## Aim of the task
From the entries, filter out every line that lacks "place" and copy the rest.

(Data in this exercise begins)

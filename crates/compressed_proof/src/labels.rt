//! The faults of the labels in the brackets.

ghost use Rattle.std.specs.Prelude.{◌≡◌, ℕ, ◌≤◌, ◌<◌, List, [], length, None, false, IfOk, IfErr, OnOk};
ghost use Rattle.mm_base.specs.Limits.{most_database_bytes};
ghost use Rattle.mm_model.specs.Names.{contains};
ghost use Rattle.proof_model.specs.ProofCode.{label_fault};
ghost use Rattle.compressed_proof.specs.Parts.{IsLabelFault, IsFaultAt};

use crate::fault::CodeFault;
use mm_base::{List, Memory, Name};
use names::Names;
use std::alloc::Global;

/// The names of a list, for look-ups.
fn names_of(alloc: Global, list: &[Name]) -> Result<Names, Memory>
    requires { length list.now ≤ most_database_bytes }
    ensures { IfOk result (λ names. (name : List ℕ) → contains names name ≡ contains list.now name) }
{
    let mut names = Names::new(alloc);
    for name in list {
        if !names.contains(name.as_slice()) {
            names.add(name.as_slice())?;
        }
    }
    Ok(names)
}

/// Looks at one label, with the labels before it.
fn check_label(
    alloc: Global,
    mandatory: &Names,
    before: &Names,
    place: u32,
    label: &[u8],
) -> Result<(), CodeFault>
    ensures fresh { OnOk result ((contains mandatory.now label.now ≡ false) × (contains before.now label.now ≡ false)) }
    ensures fault { IfErr result (λ e. IsFaultAt mandatory.now before.now place label.now e) }
{
    if mandatory.contains(label) {
        return Err(CodeFault::MandatoryListed(place, List::copy_of(alloc, label)?));
    }
    if before.contains(label) {
        return Err(CodeFault::LabelTwice(place, List::copy_of(alloc, label)?));
    }
    Ok(())
}

/// Looks at the labels in order, and puts each among those before it, which are none at first.
fn check_each(
    alloc: Global,
    labels: &[Name],
    listed: &Names,
    before: &mut Names,
) -> Result<(), CodeFault>
    requires labels { length labels.now ≤ most_database_bytes }
    requires none_before { before.old ≡ [] }
    ensures sound { (mandatory : List (List ℕ)) → ((name : List ℕ) → contains listed.now name ≡ contains mandatory name) →
        OnOk result (label_fault mandatory labels.now ≡ None) }
    ensures fault { (mandatory : List (List ℕ)) → ((name : List ℕ) → contains listed.now name ≡ contains mandatory name) →
        IfErr result (λ e. IsLabelFault mandatory labels.now e) }
{
    for (place, label) in labels.iter().enumerate() {
        let label = label.as_slice();
        check_label(alloc, listed, before, place as u32, label)?;
        before.add(label)?;
    }
    Ok(())
}

/// Looks at the labels in order: none is a mandatory hypothesis, and none stands before.
pub(crate) fn check_labels(
    alloc: Global,
    labels: &[Name],
    mandatory: &[Name],
) -> Result<(), CodeFault>
    requires labels { length labels.now ≤ most_database_bytes }
    requires mandatory { length mandatory.now ≤ most_database_bytes }
    ensures sound { OnOk result (label_fault mandatory.now labels.now ≡ None) }
    ensures fault { IfErr result (λ e. IsLabelFault mandatory.now labels.now e) }
{
    let listed = names_of(alloc, mandatory)?;
    let mut before = Names::new(alloc);
    check_each(alloc, labels, &listed, &mut before)
}
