//! The proof code: compressed proofs as texts (Metamath book, appendix B). A text is `(`, labels, `)` and letters; it is
//! read as a list of steps, and a list of steps has one text that is written.
#![tactic(auto)]

mod brackets;
mod decoding;
mod fault;
mod labels;
mod laws;
mod steps;
mod writer;

pub use decoding::decode;
pub use fault::CodeFault;
pub use laws::decode_undoes_encode;
pub use proof_model::{Code, Step, What};
pub use writer::{encode, letters};
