//! Reading a whole text.

ghost use Rattle.std.specs.Prelude.{◌≡◌, ◌≤◌, length, None, IfOk, IfErr, OnOk};
ghost use Rattle.mm_base.specs.Limits.{most_database_bytes};
ghost use Rattle.proof_model.specs.ProofCode.{Spells, code_fault};
ghost use Rattle.compressed_proof.specs.Decoded.{IsFault};

use crate::brackets::{join_letters, read_brackets};
use crate::fault::CodeFault;
use crate::labels::check_labels;
use crate::steps::read_steps;
use mm_base::{List, Name};
use proof_model::Code;
use std::alloc::Global;

/// The code that a text spells for these mandatory hypotheses, or the first fault of the text. It takes time and memory in
/// proportion to the text and the mandatory labels.
pub fn decode(alloc: Global, text: &[u8], mandatory: &List<Name>) -> Result<Code, CodeFault>
    requires text { length text.now ≤ most_database_bytes }
    requires mandatory { length mandatory.now ≤ most_database_bytes }
    ensures sound { OnOk result (code_fault text.now mandatory.now ≡ None) }

    // The code is the one that the text spells: no text spells two.
    ensures spelled { IfOk result (λ code. Spells text.now mandatory.now code) }

    // The fault is the first one, with what is told of it, unless memory runs out.
    ensures first_fault { IfErr result (λ e. IsFault text.now mandatory.now e) }
{
    let mandatory = mandatory.as_slice();
    let brackets = read_brackets(alloc, text)?;
    let labels = brackets.labels.as_slice();
    check_labels(alloc, labels, mandatory)?;
    let letters = join_letters(alloc, text, brackets.end)?;
    let steps = read_steps(
        alloc,
        letters.as_slice(),
        mandatory.len() as u32,
        labels.len() as u32,
    )?;
    Ok(Code {
        labels: List::from_vec(brackets.labels),
        steps: List::from_vec(steps),
    })
}
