ghost use Rattle.compressed_proof.specs.Decoded.{DecodeUndoesEncode};

use proof_laws::written_code_is_read;

/// What `decode` answers to the text that `encode` writes of a code is that code, unless memory runs out.
pub fn decode_undoes_encode()
    ensures { DecodeUndoesEncode }
{
    written_code_is_read();
}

(Data in this exercise ends)

## Solution for this problem
    place: u32,
    ensures fault { IfErr result (λ e. IsFaultAt mandatory.now before.now place label.now e) }
        return Err(CodeFault::MandatoryListed(place, List::copy_of(alloc, label)?));
        return Err(CodeFault::LabelTwice(place, List::copy_of(alloc, label)?));
    for (place, label) in labels.iter().enumerate() {
        check_label(alloc, listed, before, place as u32, label)?;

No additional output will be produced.